Dirty Wedding - Page 7

It's not just the snug dress. Or the pendant between her perfect tits. Or the flush of her cheeks.

I want to tear off her clothes and I want to ask about her day. Her year. Her life.

She wraps her fingers around the stem. Takes a long sip. Marks the glass with her lipstick.

"You like it?"

She nods. "I don't drink a lot of wine. Mostly whiskey with customers at work."

My skin crawls at the thought of some rich arsehole nagging her to share a shot. "The same place?"

She leans back in her seat. "You don't know?"

"Do you want me to?"

She traces the rim of her glass. "Does it matter what I want?"

Of course. "I went there looking for you."

Her eyes fill with surprise. "When?"

"A month ago. I went every night for a week straight. Eventually, the bartender recognized me. She asked if I was looking for you."

"Were you?"

"It didn't occur to me, but I was. I missed you." The words are awkward on my tongue. They're true. Too true. I have missed her. I shouldn't.

We spent a summer together. Then we parted. And I moved on.

I was engaged, for fuck's sake.

"You missed me?" Doubt spreads over her expression. "Really?"

"You haven't missed me?"

Her eyes move over me slowly. "I wasn't engaged to someone else."

"You've spent the last three years single?"

She picks up her glass. Takes another sip. "I haven't had a lot of time for dating. Though I imagine you already know that." Her throat tightens. Some mix of anger—who do I think I am, knowing her business—and grief.

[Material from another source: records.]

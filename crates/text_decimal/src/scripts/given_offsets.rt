//! Maps offsets in the plain lines of a script to offsets in the original lines.

ghost use Rattle.std.specs.Prelude.{◌≡◌, map, IfOk};
ghost use Rattle.std.specs.List.{All};
ghost use Rattle.text_decimal.specs.scripts.Scripts.{line_position, decimals_on, given_lexeme};
ghost use Rattle.text_decimal.specs.scripts.Scripts.{given_lex, given_edit, given_fault};
ghost use Rattle.text_decimal.specs.scripts.Scripts.{given_action, given_line};
ghost use Rattle.text_decimal.specs.scripts.PlainScripts.{Fit};

use crate::texts::{Decimal, given_position};
use base_data::model::Memory;
use base_data::model::list::List;
use std::alloc::Global;
use text_path::{Action, Edit, ScriptFault, ScriptLine};
use types_lex::Lexemes;
use types_lex::lexeme::{LexFault, Lexeme, LexemeSpan};

/// Returns the offset in a line for an offset in the plain text of the line, given the decimals of
/// the line.
fn line_position(decimals: &[Decimal], position: usize) -> usize
    requires { Fit decimals.now }
    ensures { result ≡ line_position decimals.now position }
{
    if position < 1 << 63 {
        given_position(decimals, position)
    } else {
        position
    }
}

/// Returns the decimals of line `number`, where lines are counted from 1.
fn decimals_on(all: &[List<Decimal>], number: usize) -> &[Decimal]
    requires { All Fit all.now }
    ensures are { result.now ≡ decimals_on all.now number }
    ensures fit { Fit result.now }
{
    match all.get(number.saturating_sub(1)) {
        Some(decimals) => decimals.as_slice(),
        None => &[],
    }
}

/// Returns the lexemes of a literal with their offsets in the original line.
fn given_literal(
    alloc: Global,
    decimals: &[Decimal],
    literal: &[Lexeme],
) -> Result<List<Lexeme>, Memory>
    requires { Fit decimals.now }
    ensures { IfOk result (λ given. given ≡ map (given_lexeme decimals.now) literal.now) }
{
    let kinds = Lexemes::of_row(literal);
    let mut given = List::new(alloc);
    for k in 0..literal.len() {
        let Some(kind) = kinds.kind(alloc, k)? else {
            return Ok(given);
        };
        let lexeme = &literal[k];
        let first = line_position(decimals, lexeme.span.first);
        let len = lexeme.span.len;
        given.push(Lexeme {
            kind,
            span: LexemeSpan { first, len },
        })?;
    }
    Ok(given)
}

/// Returns an edit. The lexemes of the edit's literal have their offsets in the original line.
fn given_edit(alloc: Global, decimals: &[Decimal], edit: &Edit) -> Result<Edit, Memory>
    requires { Fit decimals.now }
    ensures { IfOk result (λ given. given ≡ given_edit decimals.now edit.now) }
{
    match edit {
        Edit::Set(path, literal, end) => {
            let path = path.copied(alloc)?;
            let literal = given_literal(alloc, decimals, literal.as_slice())?;
            Ok(Edit::Set(path, literal, line_position(decimals, *end)))
        }
        Edit::Link(path, source) => {
            let path = path.copied(alloc)?;
            Ok(Edit::Link(path, source.copied(alloc)?))
        }
        Edit::Unshare(path) => Ok(Edit::Unshare(path.copied(alloc)?)),
    }
}

/// Returns the request of a line. The lexemes of the request's literal have their offsets in the
/// original line.
fn given_action(alloc: Global, decimals: &[Decimal], action: &Action) -> Result<Action, Memory>
    requires { Fit decimals.now }
    ensures { IfOk result (λ given. given ≡ given_action decimals.now action.now) }
{
    match action {
        Action::Edit(edit) => Ok(Action::Edit(given_edit(alloc, decimals, edit)?)),
        Action::Graft(path, other, source) => {
            let path = path.copied(alloc)?;
            Ok(Action::Graft(path, *other, source.copied(alloc)?))
        }
    }
}

/// Returns the lines of a script. All lexemes have their offsets in the original lines.
pub fn given_lines(
    alloc: Global,
    all: &[List<Decimal>],
    lines: &[ScriptLine],
) -> Result<List<ScriptLine>, Memory>
    requires { All Fit all.now }
    ensures { IfOk result (λ given. given ≡ map (given_line all.now) lines.now) }
{
    let mut given = List::new(alloc);
    for line in lines {
        let decimals = decimals_on(all, line.number);
        let action = given_action(alloc, decimals, &line.action)?;
        given.push(ScriptLine {
            number: line.number,
            value: line.value,
            action,
        })?;
    }
    Ok(given)
}

/// Returns a lexical error with its offset in the original line.
fn given_lex(decimals: &[Decimal], fault: LexFault) -> LexFault
    requires { Fit decimals.now }
    ensures { result ≡ given_lex decimals.now fault }
{
    match fault {
        LexFault::BadByte(position) => LexFault::BadByte(line_position(decimals, position)),
        LexFault::OpenString(position) => LexFault::OpenString(line_position(decimals, position)),
        LexFault::OpenComment(position) => LexFault::OpenComment(line_position(decimals, position)),
        LexFault::TooBig(position) => LexFault::TooBig(line_position(decimals, position)),
        LexFault::Memory => LexFault::Memory,
    }
}

/// Returns the error of a script with its offset in the original line.
pub fn given_fault(all: &[List<Decimal>], fault: ScriptFault) -> ScriptFault
    requires { All Fit all.now }
    ensures { result ≡ given_fault all.now fault }
{
    match fault {
        ScriptFault::Lex(number, fault) => {
            ScriptFault::Lex(number, given_lex(decimals_on(all, number), fault))
        }
        ScriptFault::Syntax(number, position) => {
            ScriptFault::Syntax(number, line_position(decimals_on(all, number), position))
        }
        ScriptFault::Later(number) => ScriptFault::Later(number),
        ScriptFault::Memory => ScriptFault::Memory,
    }
}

"I'm sorry about your mother."

"Thank you." Her eyes go to the table. She stares at it, looking for something, not finding it. "I'm sorry your fiancée left."

"Are you?"

Her eyes trace a line across the table, up my deep blue tie, my jaw, lips, nose, eyes.

I let silence fall. Watch her study me. Look for cracks.

Are they there? The last year—

I'm not myself. I'm not the tough, in control, impossible to rattle man I used to be.

I need to get there. To find that person.

The man who is never distracted. Who isn't afraid of loss or vulnerability.

Who isn't afraid of anything.

The server interrupts us. With two plates. Shrimp arrabbiata.

Her favorite.

She shakes her head. Stifles a laugh. "You ordered for me?"

"You don't want it?"

"I do." She picks up her fork. Stabs a piece of penne. "But it's presumptuous."

"You didn't always mind."

"Things change."

They do. And I need to up my game if I'm going to convince her.

She still works that awful job. Laughing at bad jokes, letting men leer at her tits, trading on her youth and beauty.

They offer her cash for sex. They did three years ago. That wouldn't change just because she's cut her hair.

She needs money.

Has she ever said yes?

Some arsehole who sees her as a warm spot for his dick—

Who doesn't deserve her—

The thought makes my stomach turn.

But where do I get off? It's not like I spent the last year fucking women who saw into my soul.

And I have options.

She's broke. At risk of losing her apartment. Of not paying her sister's tuition. Of working this shitty job until she's too old to play the part of the pretty, young thing.

What then?

I don't like that future for her.

"Fuck." She groans over her pasta. "This is better than I remember."

My chest warms. Her bliss still satisfies me. It still fills me with an intense need to take care of her.

"Still presumptuous." She swallows another bite. "But really fucking good."

My eyes stay on her as she brings another forkful to her lips.

Her eyes close. Her brows soften.

For a moment, she's in that world of satisfaction.

Then her eyes blink open. Find mine.

"Are you going to eat? Or did you invite me here just to watch me?" She traces the stem of her wineglass. "That's kinky. Even for you."

"Even for me?"

She nods.

I take a bite. Let the spicy, tangy sauce overwhelm my taste buds. I haven't had arrabbiata in a long time.

It makes me think of her. And I can't think of her. I couldn't. It fucked with my head.

I chew. Swallow. Sip my wine. "Things change. Like you said."

"Have they?" She tries to keep her voice even, but she doesn't get there. When I don't respond, she continues. "Your tastes. Have they changed?"

Fuck.

I can't answer that.

It's been a long time since I've considered asking a woman to submit.

Right now, sitting across from her, watching her chest rise and fall with her breath, watching curiosity spread over her eyes—

I need it.

It's undeniable.

"You've racked up a reputation," she says. "But that isn't part of it." Her eyes pass over me slowly. Stop on my tie. "None of your friends have mentioned your penchant for rope. Or orders. Or pain."

My cock stirs. Blood rushes south. It's not what I need. I need to stay in control.

"Either you're asking women to sign NDAs, or…" She raises a brow, offering me the floor.